2. Integrated Colocated Mode

Use vllm serve --responses for the single-command local vLLM + gateway experience. This is ideal for:

Local development.
Demos and experimentation.
Operators who want vLLM and the gateway on one public API server.

vllm serve Qwen/Qwen3.6-35B-A3B --responses

By default this mode also uses upstream Chat Completions transport. To target integrated native Responses transport instead, add:

vllm serve Qwen/Qwen3.6-35B-A3B \
  --responses \
  --responses-upstream-api-kind responses

This changes only the gateway-to-upstream transport. The public contract stays the same: POST /v1/responses, GET /v1/responses/{response_id}, local previous_response_id, local retrieval, local store, local include, and gateway-owned tool/MCP behavior.

Configuration

On the supported entrypoints, CLI flags own runtime topology and helper wiring. Environment variables remain available for deployment-scoped settings such as storage, metrics, tracing, auth, and cache.

For vllm-responses serve, the gateway-owned CLI surface is:

CLI Flag	Description
`--upstream`	Exact upstream API base URL
`--upstream-api-kind`	Upstream transport family
`--upstream-ready-timeout`	Upstream readiness timeout
`--upstream-ready-interval`	Upstream readiness polling interval
`--gateway-host`	Bind host
`--gateway-port`	Bind port
`--gateway-workers`	Number of workers
`--web-search-profile`	Enable a shipped `web_search` profile
`--code-interpreter`	Code interpreter runtime policy
`--code-interpreter-port`	Code interpreter port
`--code-interpreter-workers`	Code interpreter worker count
`--code-interpreter-startup-timeout`	Code interpreter readiness timeout
`--mcp-config`	Built-in MCP runtime config path
`--mcp-port`	Built-in MCP runtime loopback port

When --mcp-config is set, vllm-responses serve starts a singleton Built-in MCP runtime process shared by all gateway workers. --mcp-port overrides the loopback runtime port.

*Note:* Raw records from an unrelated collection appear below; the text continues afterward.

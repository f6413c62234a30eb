//! Puts the stored inputs to the printer and compares its lines with those of the Rust.
#![tactic(auto)]

mod list;
mod space;

use std::io;

fn main(rt: HostRuntime) -> io::Result<()> {
    list::run(&rt)
}
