//! The stored list: the length of an input, the input, the length of its lines, the lines, and so on to the end.
ghost use Rattle.std.specs.Prelude.{◌≤◌, length, IfSome};

use crate::space::Space;
use printer::route::RoutedBytes;
use snapshot::ids::WordCount;
use std::io;
use streams::read_input;

// Bytes of an input, and of its lines, at most.
const INPUT: usize = 65600;

const LINES: usize = 8192;

// Reads the next part of the list, after its length in four bytes, the lowest first, to the front of the bytes, and answers its length; none at the end,
// or where it is too long.
fn next_part(rt: &impl Input, bytes: &mut [u8]) -> Option<usize>
    ensures { IfSome result (λ n. n ≤ length bytes.new) }
{
    let mut head = [0u8; 4];
    let Ok(4) = read_input(rt, &mut head) else {
        return None;
    };
    let n = u32::from_le_bytes(head) as usize;
    if bytes.len() < n {
        return None;
    }
    match read_input(rt, &mut bytes[..n]) {
        Ok(count) if count == n => Some(n),
        _ => None,
    }
}

// Whether the lines of the next input are as stored; none at the end.
// Not an equality of two values: both parts are read here, and the list may end.
fn compare_next(
    rt: &impl Input,
    bytes: &mut [u8],
    lines: &mut [u8],
    space: &mut Space,
) -> Option<bool> {
    let n = next_part(rt, bytes)?;
    let m = next_part(rt, lines)?;
    Some(space.prints(&bytes[..n], &lines[..m]))
}

/// Compares each input of the list, at most 100,000, and prints the places of those that differ, and how many there are.
pub fn run(rt: &(impl Input + Print)) -> io::Result<()> {
    let mut bytes = [0u8; INPUT];
    let mut lines = [0u8; LINES];
    let mut space = Space {
        words: [0; WordCount::SNAPSHOT],
        area: [0; WordCount::AREA],
        out: [0; RoutedBytes::LIMIT],
    };
    for k in 0..100_000 {
        match compare_next(rt, &mut bytes, &mut lines, &mut space) {
            Some(true) => {}
            Some(false) => println!(rt; "{k}: differs")?,
            None => return println!(rt; "{k} inputs compared"),
        }
    }
    Ok(())
}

If --mcp-port is absent, serve uses http://127.0.0.1:5981. --upstream-ready-timeout and --upstream-ready-interval control how long the supervisor waits for the external upstream to become ready. Shipped web_search profiles that require Built-in MCP helper servers provision their default helper entries automatically, so --mcp-config is not required just to enable a shipped profile. For the shipped exa_mcp profile, setting EXA_API_KEY in the gateway environment appends the operator key to the default Exa MCP URL automatically.

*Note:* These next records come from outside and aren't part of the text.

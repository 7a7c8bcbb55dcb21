//! Load graphs.

ghost use Rattle.std.specs.Prelude.{◌≡◌, ◌<◌};

use crate::modules::Module;
use bq_board_plan::Graph;
use bq_label::{Label, Packages};
use bq_label_set::LabelSet;
use std::marker::Model;
use std::thread;
use std::thread::Threads;

/// The modules of a workspace, and which loads which, with its packages. Contracts see the labels in order, the modules in the same
/// order, for each module the numbers of those that it loads, and the packages.
pub struct LoadGraph {
    labels: LabelSet,
    modules: Vec<Module>,
    edges: Graph,
    packages: Packages,
    /// Whether what a file holds may be dropped once it is evaluated.
    is_evaluated_once: bool,
}

impl Drop for LoadGraph {
    // PROOF: a drop that is written out is proved here alone, and a derived one in each crate that drops a load graph
    fn drop(self) {
        let LoadGraph {
            labels: _,
            modules: _,
            edges: _,
            packages: _,
            is_evaluated_once: _,
        } = self;
    }
}

impl Model for LoadGraph {
    ghost use Rattle.bq_load_discover.specs.LoadGraph.{GraphParts, IsNumbered};
    ghost use Rattle.bq_parse_grammar.specs.contracts.tree.Expr as expr;
    ghost use Rattle.bq_parse_grammar.specs.contracts.tree.Stmt as stmt;
    ghost use Rattle.bq_parse_grammar.specs.contracts.tree.TargetExpr as target;
    ghost use Rattle.std.specs.Coded.{codes};

    ghost Value = { GraphParts };

    ghost coded = { Prim.hlevel (codes, expr.the_row.coded, stmt.the_row.coded, target.the_row.coded) };

    ghost view = { λ g. record { labels = g.labels; modules = g.modules.items; edges = g.edges; packages = g.packages } };

    ghost invariant = { λ g. IsNumbered (record { labels = g.labels; modules = g.modules.items; edges = g.edges; packages = g.packages }) };
}

impl LoadGraph {
    ghost use Rattle.bq_load_discover.specs.LoadGraph.{GraphParts, IsNumbered};

    /// Makes the load graph of these parts, which is evaluated once or many times.
    pub fn of(
        labels: LabelSet,
        modules: Vec<Module>,
        edges: Graph,
        packages: Packages,
        is_evaluated_once: bool,
    ) -> LoadGraph
        requires { IsNumbered (record { labels = labels; modules = modules.items; edges = edges; packages = packages }) }
        ensures { result ≡ record { labels = labels; modules = modules.items; edges = edges; packages = packages } }
    {
        LoadGraph {
            labels,
            modules,
            edges,
            packages,
            is_evaluated_once,
        }
    }

    /// Returns whether what a file holds may be dropped once it is evaluated.
    pub fn is_evaluated_once(&self) -> bool {
        self.is_evaluated_once
    }

    /// Returns the labels of the modules, each once, in the order of the bytes of their full forms. A module's number
    /// is its place here.
    pub fn labels(&self) -> &[Label]
        ensures value { result.now ≡ self.now.labels }
        ensures valid { IsNumbered self.now }
    {
        let _edges = &self.edges; // PROOF: the invariant
        self.labels.as_slice()
    }

    /// Returns the modules by their numbers.
    pub fn modules(&self) -> &[Module]
        ensures value { result.now ≡ self.now.modules }
        ensures valid { IsNumbered self.now }
    {
        let _edges = &self.edges; // PROOF: the invariant
        self.modules.as_slice()
    }

    /// Returns for each module the numbers of those that it loads, each once, in the order in which it first loads
    /// them.
    pub fn edges(&self) -> &Graph
        ensures value { result.now ≡ self.now.edges }
        ensures valid { IsNumbered self.now }
    {
        let _labels = &self.labels; // PROOF: the invariant
        &self.edges
    }

    /// Returns the packages of the workspace.
    pub fn packages(&self) -> &Packages
        ensures { result.now ≡ self.now.packages }
    {
        &self.packages
    }

    /// Returns the labels of the modules as a set, in which each has its number.
    pub fn label_set(&self) -> &LabelSet
        ensures { result.now ≡ self.now.labels }
    {
        &self.labels
    }

    /// Returns the labels of the modules, the modules, for each the numbers of those that it loads, and the packages.
    pub fn into_all(self) -> (LabelSet, Vec<Module>, Graph, Packages)
        ensures labels { result.0 ≡ self.labels }
        ensures modules { result.1.items ≡ self.modules }
        ensures edges { result.2 ≡ self.edges }
        ensures packages { result.3 ≡ self.packages }
        ensures valid { IsNumbered self }
    {
        let LoadGraph {
            labels,
            modules,
            edges,
            packages,
            is_evaluated_once: _,
        } = self;
        (labels, modules, edges, packages)
    }

    /// Returns the labels of the modules and the packages of the workspace, once nobody needs the modules. Drops them
    /// with their files, to lower the peak of memory.
    pub fn into_parts(self) -> (LabelSet, Packages)
        ensures labels { result.0 ≡ self.labels }
        ensures packages { result.1 ≡ self.packages }
    {
        let LoadGraph {
            labels,
            modules: _,
            edges: _,
            packages,
            is_evaluated_once: _,
        } = self;
        (labels, packages)
    }

    /// Returns the labels and the packages, as [`LoadGraph::into_parts`] does. The modules are dropped by at most
    /// `threads` threads.
    pub fn into_parts_by<R: Threads + Sync>(self, rt: &R, threads: usize) -> (LabelSet, Packages)
        requires { 0 < threads }
        ensures labels { result.0 ≡ self.labels }
        ensures packages { result.1 ≡ self.packages }
    {
        let LoadGraph {
            labels,
            mut modules,
            edges: _,
            packages,
            is_evaluated_once: _,
        } = self;
        let each = |_: usize, module: &mut Module| module.forget();
        thread::for_each_mut(rt, modules.as_mut_slice(), threads, &each);
        (labels, packages)
    }
}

For vllm serve --responses, bind/public port are owned by native vLLM flags such as --host and --port. Gateway-owned helper/runtime flags use the namespaced --responses-* family, for example:

--responses-upstream-api-kind
--responses-code-interpreter
--responses-code-interpreter-port
--responses-code-interpreter-workers
--responses-code-interpreter-startup-timeout
--responses-web-search-profile
--responses-mcp-config
--responses-mcp-port

Integrated mode defaults to chat_completions. If you set --responses-upstream-api-kind responses, the gateway uses a guarded internal native Responses path instead of the /v1/chat/completions loopback transport. Public Responses ownership remains unchanged in either case.

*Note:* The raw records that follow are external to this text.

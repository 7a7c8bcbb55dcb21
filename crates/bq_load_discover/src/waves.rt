//! The modules of a workspace, found along loads by several threads.

ghost use Rattle.std.specs.Prelude.{◌<◌, All, IfOk, IfSome, OnOk};
ghost use Rattle.bq_base.specs.Limits.{AreBounded, number_bound};
ghost use Rattle.bq_load_front.specs.Inputs.{InputParts};
ghost use Rattle.bq_load_discover.specs.Exploring.{Explores, IsModuleAt, Finds};
ghost use Rattle.bq_load_discover.specs.Waves.{IsReading, Grows};

use crate::exploration::{Exploration, read_rest};
use crate::modules::Module;
use bq_base::Limits;
use bq_label_set::LabelSet;
use bq_load_front::Inputs;
use std::alloc::{AllocError, Global};
use std::thread;
use std::thread::Threads;

/// How many modules a thread has to read to be worth its start.
const MODULES_OF_A_THREAD: usize = 8;

/// The place of a label, and the module of that label once it is read.
#[derive(Drop)]
pub(crate) struct Reading {
    place: usize,
    read: Result<Option<Module>, AllocError>,
}

/// Returns one empty reading for each label from that place on, the last of them first. Labels past the limit, but for
/// one, get none.
fn unread(
    alloc: Global,
    labels: &LabelSet,
    from: usize,
    most: usize,
) -> Result<Vec<Reading>, AllocError>
    requires { most < number_bound }
{
    let mut readings = Vec::new(alloc);
    for place in from..most + 1 {
        if labels.get(place).is_none() {
            break;
        }
        readings.push(Reading {
            place,
            read: Ok(None),
        })?;
    }
    readings.reverse();
    Ok(readings)
}

/// Reads the module of the label at that place, if there is one.
fn module_at(
    alloc: Global,
    inputs: &Inputs<'_>,
    labels: &LabelSet,
    place: usize,
) -> Result<Option<Module>, AllocError>
    ensures { IfOk result (λ read. IfSome read (IsModuleAt inputs.now labels.now place)) }
{
    match labels.get(place) {
        None => Ok(None),
        Some(label) => Ok(Some(Module::of(alloc, inputs, label)?)),
    }
}

/// Reads the modules of labels, in at most `threads` threads.
fn read_all<R: Threads + Sync>(
    rt: &R,
    alloc: Global,
    inputs: &Inputs<'_>,
    labels: &LabelSet,
    readings: &mut [Reading],
    threads: usize,
)
    requires { 0 < threads }
    ensures { All (IsReading inputs.now labels.now) readings.new }
{
    let each = |_: usize, reading: &mut Reading|
        ensures { IsReading inputs.entry.now labels.entry.now reading.exit.now }
    { reading.read = module_at(alloc, inputs, labels, reading.place) };
    thread::for_each_mut(rt, readings, threads, &each);
}

impl Exploration {
    /// Adds what was read, if it is the next. If memory was refused to its thread, it fails too.
    #[tactic(auto, using(crate::proofs::Readings::grows, crate::proofs::Readings::grows_none, crate::proofs::Readings::at_next))]
    fn take(&mut self, reading: Option<Reading>) -> Result<(), AllocError>
        ensures explores { (inputs : InputParts) → Explores inputs self.old.found self.old.read.items → IfSome reading (IsReading inputs self.old.found) → OnOk result (Explores inputs self.new.found self.new.read.items) }
        ensures grows { OnOk result (Grows self.old.found self.new.found) }
    {
        let Some(Reading { place, read }) = reading else {
            return Ok(());
        };
        let next = match read {
            Err(_) => return Err(AllocError),
            Ok(None) => return Ok(()),
            Ok(Some(next)) => next,
        };
        if place != self.read.len() {
            return Ok(());
        }
        self.put(next)?; // PROOF: what was added, where memory was there
        Ok(())
    }

    /// Adds the modules that were read.
    fn take_all(
        &mut self,
        inputs: &Inputs<'_>,
        mut readings: Vec<Reading>,
    ) -> Result<(), AllocError>
        requires explores { Explores inputs.now self.old.found self.old.read.items }
        requires readings { All (IsReading inputs.now self.old.found) readings.items }
        ensures { OnOk result (Explores inputs.now self.new.found self.new.read.items) }
    {
        let _ = inputs; // contracts alone speak of what is read
        for _ in 0..readings.len() {
            self.take(readings.pop())?;
        }
        Ok(())
    }

    /// Reads all that is found and not read yet.
    fn read_wave<R: Threads + Sync>(
        &mut self,
        rt: &R,
        alloc: Global,
        limits: Limits,
        inputs: &Inputs<'_>,
        workers: usize,
    ) -> Result<(), AllocError>
        requires bounded { AreBounded limits }
        requires workers { 0 < workers }
        requires explores { Explores inputs.now self.old.found self.old.read.items }
        ensures { OnOk result (Explores inputs.now self.new.found self.new.read.items) }
    {
        let mut readings = unread(alloc, &self.found, self.read.len(), limits.modules)?;
        let threads = workers.min(readings.len() / MODULES_OF_A_THREAD + 1);
        read_all(
            rt,
            alloc,
            inputs,
            &self.found,
            readings.as_mut_slice(),
            threads,
        );
        self.take_all(inputs, readings)
    }
}

/// Returns the modules of a workspace in the order in which they are found; `None` if there are too many. What is found
/// and not read yet is read in at most `workers` threads, again and again. What they leave is read here.
pub(crate) fn explore_by_workers<R: Threads + Sync>(
    rt: &R,
    alloc: Global,
    limits: Limits,
    inputs: &Inputs<'_>,
    workers: usize,
) -> Result<Option<Vec<Module>>, AllocError>
    requires bounded { AreBounded limits }
    requires workers { 0 < workers }
    ensures { IfOk result (Finds limits inputs.now) }
{
    let mut exploration = Exploration::new(alloc, inputs)?;
    for _ in 0..limits.modules {
        let read = exploration.read.len();
        if read > limits.modules || exploration.found.get(read).is_none() {
            break;
        }
        exploration.read_wave(rt, alloc, limits, inputs, workers)?;
    }
    read_rest(alloc, limits, inputs, exploration)
}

See Configuration Reference for env-only deployment settings.

Health Checks

The gateway exposes a health check endpoint useful for load balancers (AWS ALB, Kubernetes probes).

Endpoint: GET /health
Response: 200 OK (JSON: {})

Base URL by mode:

vllm-responses serve: http://127.0.0.1:5969/health by default
vllm serve --responses: same host/port as vllm serve (default http://127.0.0.1:8000/health)

curl http://127.0.0.1:5969/health

The gateway also exposes a /metrics endpoint for Prometheus scraping. See Observability for monitoring setup instructions.

Compatibility Passthrough Endpoints

When the gateway is configured with an upstream OpenAI-compatible base URL via --upstream, you can also call:

GET /v1/models
POST /v1/chat/completions

This allows older Chat Completions clients to point to the gateway base URL directly while POST /v1/responses remains available.

Graceful Shutdown

The gateway handles SIGINT (Ctrl+C) and SIGTERM gracefully:

It stops accepting new connections.
It waits for active requests to complete (within a timeout).
It terminates the Code Interpreter subprocess (if spawned).
It terminates the Built-in MCP runtime subprocess (if started).